Work required:
Pull out every line below that contains the word "Open".

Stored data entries
=== Section Start ===

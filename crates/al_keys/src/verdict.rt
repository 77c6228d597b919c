ghost use Rattle.std.specs.Prelude.{◌≡◌, Some, min};
ghost use Rattle.std.specs.Option.{option_map_or};
ghost use Rattle.al_xacts.specs.Snapshots.{sees};
ghost use Rattle.al_keys.specs.Keys.{is_standing, is_changeable, is_freed};
ghost use Rattle.al_keys.specs.Sought.{is_other, of_remover, verdict, is_taken, is_in_way, least_row, first_of, sought, is_removed_for, is_visible};

use crate::{KeyVersion, Sought};
use al_xacts::{Fate, Snapshot, Xact, Xacts};

fn is_other(x: Xact, y: Xact, xacts: &Xacts) -> bool
    ensures { result ≡ is_other xacts.now.transactions x y }
{
    y != x && xacts.fate(y) == Fate::Open
}

fn of_remover(row: u32, remover: Option<Xact>, x: Xact, xacts: &Xacts) -> Sought
    ensures { result ≡ of_remover xacts.now.transactions x row remover }
{
    match remover {
        Some(remover) => {
            if xacts.is_aborted(remover) {
                Sought::Held { row }
            } else if is_other(x, remover, xacts) {
                Sought::Open { by: remover }
            } else {
                Sought::Free
            }
        }
        None => Sought::Held { row },
    }
}

/// What a version is to a transaction that looks for its key.
pub fn verdict(version: &KeyVersion, x: Xact, xacts: &Xacts) -> Sought
    ensures { result ≡ verdict xacts.now.transactions x version.now }
{
    if xacts.is_aborted(version.maker) {
        Sought::Free
    } else if is_other(x, version.maker, xacts) {
        Sought::Open { by: version.maker }
    } else {
        of_remover(version.row, version.remover, x, xacts)
    }
}

fn is_taken(sought: Sought) -> bool
    ensures { result ≡ is_taken sought }
{
    match sought {
        Sought::Free => false,
        Sought::Held { row: _ } => true,
        Sought::Open { by: _ } => true,
    }
}

fn is_in_way(version: &KeyVersion, x: Xact, xacts: &Xacts) -> bool
    ensures { result ≡ is_in_way xacts.now.transactions x version.now }
{
    is_taken(verdict(version, x, xacts))
}

fn is_removed(remover: Option<Xact>, snapshot: &Snapshot, xacts: &Xacts) -> bool
    ensures { result ≡ is_removed_for (sees snapshot.now xacts.now.transactions) remover }
{
    match remover {
        Some(remover) => snapshot.sees(remover, xacts),
        None => false,
    }
}

fn is_visible(version: &KeyVersion, snapshot: &Snapshot, xacts: &Xacts) -> bool
    ensures { result ≡ is_visible snapshot.now xacts.now.transactions version.now }
{
    snapshot.sees(version.maker, xacts) && !is_removed(version.remover, snapshot, xacts)
}

/// The lesser of a row found so far and one that is found or passed over.
fn lesser(found: Option<u32>, row: u32) -> Option<u32>
    ensures { result ≡ Some (option_map_or (λ other. min row other) found row) }
{
    match found {
        Some(other) => Some(row.min(other)),
        None => Some(row),
    }
}

fn least_in_way(versions: &[KeyVersion], x: Xact, xacts: &Xacts) -> Option<u32>
    ensures { result ≡ least_row (is_in_way xacts.now.transactions x) versions.now }
{
    let mut least = None;
    for version in versions {
        if is_in_way(version, x, xacts) {
            least = lesser(least, version.row);
        }
    }
    least
}

/// The least row of the versions that a snapshot sees.
pub fn least_visible(versions: &[KeyVersion], snapshot: &Snapshot, xacts: &Xacts) -> Option<u32>
    ensures { result ≡ least_row (is_visible snapshot.now xacts.now.transactions) versions.now }
{
    let mut least = None;
    for version in versions {
        if is_visible(version, snapshot, xacts) {
            least = lesser(least, version.row);
        }
    }
    least
}

/// What the first version of a row is that is in the way.
fn first_of(versions: &[KeyVersion], row: u32, x: Xact, xacts: &Xacts) -> Sought
    ensures { result ≡ first_of xacts.now.transactions x row versions.now }
{
    for version in versions {
        if version.row == row && is_in_way(version, x, xacts) {
            return verdict(version, x, xacts);
        }
    }
    Sought::Free
}

/// What a transaction finds among a key's versions.
pub fn seek_in(versions: &[KeyVersion], x: Xact, xacts: &Xacts) -> Sought
    ensures { result ≡ sought xacts.now.transactions x versions.now }
{
    match least_in_way(versions, x, xacts) {
        Some(row) => first_of(versions, row, x, xacts),
        None => Sought::Free,
    }
}

/// Whether a version is one of the row, and its maker wasn't rolled back.
pub fn is_standing(version: &KeyVersion, row: u32, xacts: &Xacts) -> bool
    ensures { result ≡ is_standing xacts.now.transactions row version.now }
{
    version.row == row && !xacts.is_aborted(version.maker)
}

fn is_freed(remover: Option<Xact>, xacts: &Xacts) -> bool
    ensures { result ≡ is_freed xacts.now.transactions remover }
{
    match remover {
        Some(remover) => xacts.is_aborted(remover),
        None => true,
    }
}

/// Whether a transaction may remove a version.
pub fn is_changeable(version: &KeyVersion, x: Xact, xacts: &Xacts) -> bool
    ensures { result ≡ is_changeable xacts.now.transactions x version.now }
{
    (version.maker == x || xacts.is_committed(version.maker)) && is_freed(version.remover, xacts)
}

=== Section End ===

Task result:
    y != x && xacts.fate(y) == Fate::Open
                Sought::Open { by: remover }
        Sought::Open { by: version.maker }
        Sought::Open { by: _ } => true,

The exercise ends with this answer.